Information supplied: Begin
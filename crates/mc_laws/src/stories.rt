//! What may happen, so that the laws over runs are not about nothing.

ghost use Rattle.mc_model.specs.message.Submission.{Submission};
ghost use Rattle.mc_model.specs.message.Decree.{Deleted, Delivered};
ghost use Rattle.mc_model.specs.message.Receipts.{AsksReceipt};
ghost use Rattle.mc_model.specs.synod.Lists.{In};
ghost use Rattle.mc_model.specs.synod.Acceptor.{blank};
ghost use Rattle.mc_model.specs.node.Actor.{Submit, opened};
ghost use Rattle.mc_model.specs.node.Knowledge.{KnowsNothing};
ghost use Rattle.mc_model.specs.node.Input.{Arrival};
ghost use Rattle.mc_model.specs.node.Step.{IsExact};
ghost use Rattle.mc_model.specs.cluster.World.{start, IsChosenIn, IsRun, reached};
ghost use Rattle.mc_model.specs.cluster.Steps.{AreSteps, acts_in};
ghost use Rattle.mc_model.specs.cluster.Fate.{States};
ghost use Rattle.mc_laws.specs.Stories.{
  MayBeTried,
  delivered_slot,
  delivered_vote,
  delivering_story,
  delivery_story,
  first_id,
  first_setup,
  first_step,
  last_deed,
  one_node,
  taken_slot,
  taken_vote,
  three_nodes,
};
ghost use Rattle.mc_laws.specs.StopStories.{accepting_deed, restart_story, until_anew};
ghost use Rattle.mc_laws.specs.AnswerStories.{cancel_story, query_story, removing_deed, showing_deed};
ghost use Rattle.mc_laws.specs.ClusterStories.{lone, taking_steps};

/// A cluster of one node takes a message, attempts it, is answered, and chooses the fate DELIVERED. If a receipt is asked for, the node
/// tells it, and its last deed states DELIVERED; else whoever asks is told so (`a_query_is_answered`).
pub fn a_message_is_delivered()
    ensures delivered { (message : Submission) → MayBeTried message → IsRun one_node (delivering_story message) }
    ensures chosen { (message : Submission) → IsChosenIn (reached one_node (delivering_story message)) delivered_slot
        (delivered_vote message) }
    ensures run { (message : Submission) → MayBeTried message → AsksReceipt Delivered message →
        IsRun one_node (delivery_story message) }
    ensures told { (message : Submission) → In (last_deed message) (reached one_node (delivery_story message)).past }
    ensures stated { (message : Submission) → States (last_deed message) first_id Delivered }
{}

/// The first step of a node, to which a submit_sm comes, is exactly this: the request waits, and a round for its message is
/// started at the first ballot.
pub fn a_submit_starts_a_round()
    ensures { (message : Submission) → IsExact first_setup (opened 1 1) (λ slot. blank) (Arrival (Submit first_id message))
        (first_step message) }
{}

/// A node of three stops between the save of its vote and its answer, and starts anew. Its vote counts: with that of one other
/// node the chain is chosen, though nobody knows it yet. It is asked again and votes again, and the submit_sm is answered.
pub fn a_node_stops_after_a_save()
    ensures run { (message : Submission) → MayBeTried message → IsRun three_nodes (restart_story message) }
    ensures chosen { (message : Submission) → IsChosenIn (reached three_nodes (until_anew message)) taken_slot
        (taken_vote message) }
    ensures unknown { (message : Submission) → KnowsNothing 3 ((reached three_nodes
        (until_anew message)).actors 1).received first_id }
    ensures answered { (message : Submission) → In accepting_deed (reached three_nodes (restart_story message)).past }
{}

/// A cluster of one node has delivered a message, and a query_sm of its submitter comes. The node asks itself how far the chain
/// has come and tells it, and the query_sm_resp states DELIVERED.
pub fn a_query_is_answered()
    ensures run { (message : Submission) → MayBeTried message → IsRun one_node (query_story message) }
    ensures answered { (message : Submission) → In (showing_deed message) (reached one_node (query_story message)).past }
    ensures stated { (message : Submission) → States (showing_deed message) first_id Delivered }
{}

/// A cluster of one node has taken a message, and a cancel_sm of its submitter comes. The node asks itself how far the chain
/// has come and tells it, the request is settled, the message is deleted, and the cancel_sm_resp has ESME_ROK for DELETED.
pub fn a_message_is_cancelled()
    ensures run { (message : Submission) → MayBeTried message → IsRun one_node (cancel_story message) }
    ensures answered { (message : Submission) → In (removing_deed message) (reached one_node (cancel_story message)).past }
    ensures stated { (message : Submission) → States (removing_deed message) first_id Deleted }
{}

/// A cluster of one node takes a message in five steps, each of them exact: the submit_sm comes and a round is started; the
/// node promises, proposes and votes; and when it hears of its vote, the submit_sm is answered ESME_ROK.
pub fn a_message_is_taken_step_by_step()
    ensures steps { (message : Submission) → MayBeTried message → AreSteps lone (start lone.nodes lone.serials)
        (taking_steps message) }
    ensures answered { (message : Submission) →
        In accepting_deed (reached (start lone.nodes lone.serials) (acts_in (taking_steps message))).past }
{}
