//! Steps of a node by itself, so that the laws over steps are not about nothing.

ghost use Rattle.std.specs.Prelude.{◌≡◌, ◌+◌, ◌<◌, ◌≤◌, [], ◌∷◌, ◌++◌, ℕ, List, None, true, false};
ghost use Rattle.mc_model.specs.message.Submission.{Submission};
ghost use Rattle.mc_model.specs.message.Decree.{Decree, Delivered};
ghost use Rattle.mc_model.specs.message.Receipts.{AsksReceipt};
ghost use Rattle.mc_model.specs.synod.OneSlot.{Vote};
ghost use Rattle.mc_model.specs.synod.Packet.{Prepare, Promise, Slot, Voted, slot_at, slot_of};
ghost use Rattle.mc_model.specs.synod.Acceptor.{Records};
ghost use Rattle.mc_model.specs.synod.Lists.{In};
ghost use Rattle.mc_model.specs.node.Outcome.{Concluded};
ghost use Rattle.mc_model.specs.node.Actor.{Actor, opening_clock};
ghost use Rattle.mc_model.specs.node.Effect.{saved};
ghost use Rattle.mc_model.specs.node.Setup.{Setup};
ghost use Rattle.mc_model.specs.node.Step.{IsExact};
ghost use Rattle.mc_model.specs.node.Room.{queue_full};
ghost use Rattle.mc_model.specs.node.Act.{Act, Concludes, Grants, Prepares, Promises, Receives, Restarts, Stops, Ticks};
ghost use Rattle.mc_model.specs.node.Input.{Crash, Delivery, Grant, Refusal, Response, Restart, Tick};
ghost use Rattle.mc_model.specs.node.Alone.{AreStepsAlone, IsStepAlone, Node, opened_new};
ghost use Rattle.mc_laws.specs.Receipts.{HasToTell, MayTell, seen, starts_told};
ghost use Rattle.mc_laws.specs.Stories.{
  deleted_chain,
  taken_slot,
  MayBeTried,
  attempted_chain,
  delivered_chain,
  first_ballot,
  first_id,
  first_setup,
  taken_chain,
  told_chain,
};
ghost use Rattle.mc_laws.specs.NodeStories.{all_up, among_three, first_attempt, knowing, node_of_actor, none_begin, none_up, used_up};
ghost use Rattle.mc_laws.specs.TickStories.{
  again_ballot,
  cancelled_once,
  expired_chain,
  failed_chain,
  given_up_chain,
  giving_up,
  lost_chain,
  one_minute_later,
  starting,
  taking_again,
  undelivered_chain,
  voted_before,
};
ghost use Rattle.mc_laws.specs.CancelStories.{behind_slot, cancelled_twice, cancelling_again, told_of_taking};
ghost use Rattle.mc_laws.specs.QueryStories.{
  asking_about,
  carrying,
  carrying_on,
  following,
  second_ballot,
  second_slot,
  second_vote,
  showing,
  told_by_3,
};

/// A tick comes, and by the first rule that fits a round is started. By what the chain ends in that a node knows: for the next
/// attempt, if one may begin, for EXPIRED, for UNDELIVERABLE after eight failures with the error of the last, for the outcome of an attempt, for the
/// failure of an attempt that an older incarnation made, and for that of one which finds no session, which is given up then; and
/// for the Told behind a fate of which a receipt is asked. Or for a submit_sm that waits, for a vote beyond what is known, and for
/// a cancel_sm that waits.
pub fn a_tick_starts_a_round()
    ensures attempt { (message : Submission) → MayBeTried message →
        IsStepAlone first_setup (node_of_actor (knowing 1 opening_clock (taken_chain message) [] []))
        (Tick opening_clock all_up) (starting 1 opening_clock (attempted_chain message)) }
    ensures held_back { (message : Submission) → MayBeTried message →
        IsStepAlone first_setup (node_of_actor (knowing 1 opening_clock (taken_chain message) [] []))
        (Tick opening_clock none_begin) (Ticks opening_clock ∷ []) }
    ensures expire { (message : Submission) → message.expiry ≤ one_minute_later →
        IsStepAlone first_setup (node_of_actor (knowing 1 opening_clock (taken_chain message) [] []))
        (Tick one_minute_later all_up) (starting 1 one_minute_later (expired_chain message)) }
    ensures undeliver { (message : Submission) → MayBeTried message →
        IsStepAlone first_setup (node_of_actor (knowing 1 opening_clock (failed_chain 8 message) [] []))
        (Tick opening_clock all_up) (starting 1 opening_clock (undelivered_chain message)) }
    ensures close { (message : Submission) →
        IsStepAlone first_setup (node_of_actor (knowing 1 opening_clock (attempted_chain message) [] ((
          slot_of first_id
              (attempted_chain message),
          Concluded Delivered 0,
        ) ∷ [])))
        (Tick opening_clock all_up) (starting 1 opening_clock (delivered_chain message)) }
    ensures lose { (message : Submission) →
        IsStepAlone first_setup (node_of_actor (knowing 2 opening_clock (attempted_chain message) [] []))
        (Tick opening_clock all_up) (starting 2 opening_clock (lost_chain message)) }
    ensures give_up { (message : Submission) →
        IsStepAlone first_setup (node_of_actor (knowing 1 opening_clock (attempted_chain message) [] []))
        (Tick opening_clock none_up) (giving_up 1 opening_clock (slot_of first_id (attempted_chain message))
        (given_up_chain message)) }
    ensures announce { (message : Submission) → AsksReceipt Delivered message →
        IsStepAlone first_setup (node_of_actor (knowing 1 opening_clock (delivered_chain message) [] []))
        (Tick opening_clock all_up) (starting 1 opening_clock (told_chain message)) }
    ensures take { (message : Submission) →
        IsStepAlone first_setup (node_of_actor (taking_again message)) (Tick opening_clock all_up)
        (Prepares taken_slot again_ballot (taken_chain message) ∷ Ticks opening_clock ∷ []) }
    ensures follow { (chain : List Decree) →
        IsStepAlone among_three (voted_before chain) (Tick opening_clock all_up)
        (Prepares second_slot second_ballot chain ∷ Ticks opening_clock ∷ []) }
    ensures delete { (message : Submission) →
        IsStepAlone first_setup (node_of_actor (cancelled_once message)) (Tick opening_clock all_up)
        (Prepares behind_slot first_ballot (deleted_chain message) ∷ Ticks opening_clock ∷ []) }
{}

/// Among three nodes a query_sm of another node's message comes and is asked, node 2 has nothing to tell, and node 3 tells of a
/// vote. So a round is started for the chain of that vote; and if nodes 2 and 3 promise and report no vote, that chain is
/// proposed.
pub fn a_told_vote_is_followed()
    ensures { (account source : List ℕ) (vote : Vote) →
        AreStepsAlone among_three (opened_new 1) (following account source vote) }
{}

/// A node of three is asked for a promise and gives it; if it stops after the save, it answers nothing.
pub fn an_acceptor_promises_or_stops()
    ensures promises { IsStepAlone among_three (opened_new 1) (Delivery (Prepare 2 (slot_at first_id 0) first_ballot))
        (Promises (slot_at first_id 0) first_ballot true ∷ Receives (Prepare 2 (slot_at first_id 0) first_ballot) ∷ []) }
    ensures stops { IsStepAlone among_three (opened_new 1) (Crash (Prepare 2 (slot_at first_id 0) first_ballot) true)
        (Stops ∷ Promises (slot_at first_id 0) first_ballot false ∷ Receives (Prepare 2 (slot_at first_id 0) first_ballot)
        ∷ []) }
{}

/// A node starts anew after two starts that failed, three incarnations later, and counts its messages from its own first
/// serial.
pub fn a_node_starts_anew()
    ensures { (s : Node) → s.actor.incarnation + 2 < 9999 → IsStepAlone among_three s (Restart 2) (Restarts 2 1 ∷ []) }
{}

/// A submit_sm to a node that has given all its serials is answered at once, and nothing else is done.
pub fn a_request_finds_no_serial()
    ensures { IsStepAlone among_three (node_of_actor used_up) (Refusal queue_full) [] }
{}

/// An attempt is granted, and when its outcome comes a round for its decree is started.
pub fn an_attempt_is_granted_and_concluded()
    ensures granted { (message : Submission) →
        IsStepAlone first_setup (node_of_actor (knowing 1 opening_clock (attempted_chain message) [] []))
        (Grant (first_attempt message)) (Grants (first_attempt message) ∷ []) }
    ensures concluded { (message : Submission) →
        IsStepAlone first_setup (node_of_actor (knowing 1 opening_clock (attempted_chain message) (first_attempt message
        ∷ []) []))
        (Response (first_attempt message) (Concluded Delivered 0))
        (Prepares (slot_of first_id (delivered_chain message)) first_ballot (delivered_chain message) ∷ Concludes
        (first_attempt message) (Concluded Delivered 0) ∷ []) }
{}

/// A node knows that a message is taken, and two cancel_sms of it wait. The first is settled, but its round was refused. A Tell
/// settles the second, and it starts a round of its own for DELETED, above the ballot of the refusal.
pub fn each_cancel_starts_a_round()
    ensures { (message : Submission) →
        IsStepAlone first_setup (node_of_actor (cancelled_twice message)) (Delivery (told_of_taking message))
        (cancelling_again message) }
{}

/// A node began its second incarnation with a vote, and started a round for that vote's chain. It has voted for another chain
/// since, but if a majority has promised and reports no vote, the chain of the round is proposed.
pub fn a_voted_chain_is_carried_on()
    ensures { (vote : Vote) (other : List Decree) →
        IsStepAlone among_three (carrying vote other) (Delivery (Promise 3 second_slot second_ballot None)) (carrying_on vote) }
{}

/// Among three nodes a query_sm waits for a message of node 2, that is known to be taken, and node 2 has told of its vote. Node 3
/// tells
/// too: that settles the query_sm, and its answer is ESME_ROK, with the state of the known chain.
pub fn a_tell_settles_a_query()
    ensures { (message : Submission) →
        IsStepAlone among_three (node_of_actor (asking_about message)) (Delivery (told_by_3 (second_vote message)))
        (showing message) }
{}

/// By a vote that comes the node that took a message first knows a fate of it, of which a receipt is asked: in that step it starts a round for its Told, if
/// no round of the message runs.
pub fn each_fate_that_asks_starts_a_round()
    ensures { (setup : Setup) (a now : Actor) (records : Records) (acceptor : ℕ) (slot : Slot) (vote : Vote) (acts : List Act)
        (exact : IsExact setup a records (Delivery (Voted acceptor slot vote)) acts) (id : ℕ) (fate : Decree) (older : List Decree) (ballot : ℕ) →
        now ≡ seen setup a records (Delivery (Voted acceptor slot vote)) acts exact →
        HasToTell setup a now id fate older → MayTell setup now (saved records exact.core) id fate older ballot →
        In (starts_told setup now id fate older ballot) acts }
{}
Information supplied: End
• _Exercise goal_:
Tell how many lines in the data include the string "else". Reply with the number and no other text.

• _Result for this exercise_:
2